AI Article Synopsis
- Somatic sequencing of cancers has revealed important insights into tumor behavior, but many genetic findings remain unclear in their clinical relevance.
- The study presents a comprehensive NextGen sequencing method that analyzes 248 genes relevant to melanoma, tested on 31 melanoma cell lines and 18 patient tumors.
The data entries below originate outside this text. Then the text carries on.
//! A value is moved in, and moved out.
ghost use Rattle.std.specs.Prelude.{◌≡◌, ◌<◌, [], IfSome};
ghost use Rattle.parcel_channel.specs.Seen.{own_tag};
ghost use Rattle.parcel_channel.specs.Answers.{IsTable, IsSeated, IsOnly, PutAnswer, TakeAnswer};

use crate::rule::{ParcelSeat, ParcelWords};
use crate::steps::{draw_number, load_count, move_in, move_out, put_back};

/// Draws a number and moves the value in with it; or gives it back, where no number is left.
pub(crate) fn put<T>(
    words: &ParcelWords<T>,
    seat: &mut ParcelSeat<T>,
    parcels: u32,
    value: T,
) -> Result<u32, T>
    requires table { IsTable words.now.table_id words.now.key × (seat.old.table_id ≡ words.now.table_id) × (parcels ≡ words.now.key) }
    requires seat { IsSeated words.now.key seat.old.me }
    requires hand { seat.old.me.1 ≡ [] }
    ensures same { (seat.new.table_id ≡ seat.old.table_id) × (seat.new.id ≡ seat.old.id) × (seat.new.me.1 ≡ []) }
    ensures seat { IsSeated words.now.key seat.new.me }
    ensures answer { PutAnswer parcels (own_tag seat.old.me.0) value seat.old.me.0 seat.new.me.0 result }
{
    if load_count(words, seat) >= parcels as u64 {
        return Err(value);
    }
    let drawn = draw_number(words, seat);
    if drawn >= parcels as u64 {
        return Err(value);
    }
    let number = drawn as u32;
    let before = words.exchange(seat, number as usize, Some(value));
    move_in(words, seat, number);
    let None = before else { unreachable!() };
    Ok(number)
}

/// Moves the value of this number out, where it lies in its slot.
pub(crate) fn take<T>(words: &ParcelWords<T>, seat: &mut ParcelSeat<T>, number: u32) -> Option<T>
    requires table { IsTable words.now.table_id words.now.key × (seat.old.table_id ≡ words.now.table_id) }
    requires seat { IsSeated words.now.key seat.old.me }
    requires number { number < words.now.key }
    requires hand { seat.old.me.1 ≡ [] }
    ensures same { (seat.new.table_id ≡ seat.old.table_id) × (seat.new.id ≡ seat.old.id) × (seat.new.me.1 ≡ []) }
    ensures seat { IsSeated words.now.key seat.new.me }
    ensures answer { TakeAnswer (own_tag seat.old.me.0) number seat.old.me.0 seat.new.me.0 result }
    ensures only { IfSome result (λ value. IsOnly number value seat.old.me.0.seen) }
{
    if move_out(words, seat, number) != 1 {
        return None;
    }
    let value = words.exchange(seat, number as usize, None);
    put_back(words, seat, number);
    value
}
- The findings indicate that this enhanced sequencing method can detect actionable mutations and copy number changes in melanoma that are often missed by traditional sequencing methods, suggesting its potential for improving clinical outcomes in melanoma treatment.
Article Abstract
Somatic sequencing of cancers has produced new insight into tumorigenesis, tumor heterogeneity, and disease progression, but the vast majority of genetic events identified are of indeterminate clinical significance. Here, we describe a NextGen sequencing approach to fully analyzing 248 genes, including all those of known clinical significance in melanoma. This strategy features solution capture of DNA followed by multiplexed, high-throughput sequencing and was evaluated in 31 melanoma cell lines and 18 tumor tissues from patients with metastatic melanoma. Mutations in melanoma cell lines correlated with their sensitivity to corresponding small molecule inhibitors, confirming, for example, lapatinib sensitivity in ERBB4 mutant lines and identifying a novel activating mutation of BRAF. The latter event would not have been identified by clinical sequencing and was associated with responsiveness to a BRAF kinase inhibitor. This approach identified focal copy number changes of PTEN not found by standard methods, such as comparative genomic hybridization (CGH). Actionable mutations were found in 89% of the tumor tissues analyzed, 56% of which would not be identified by standard-of-care approaches. This work shows that targeted sequencing is an attractive approach for clinical use in melanoma.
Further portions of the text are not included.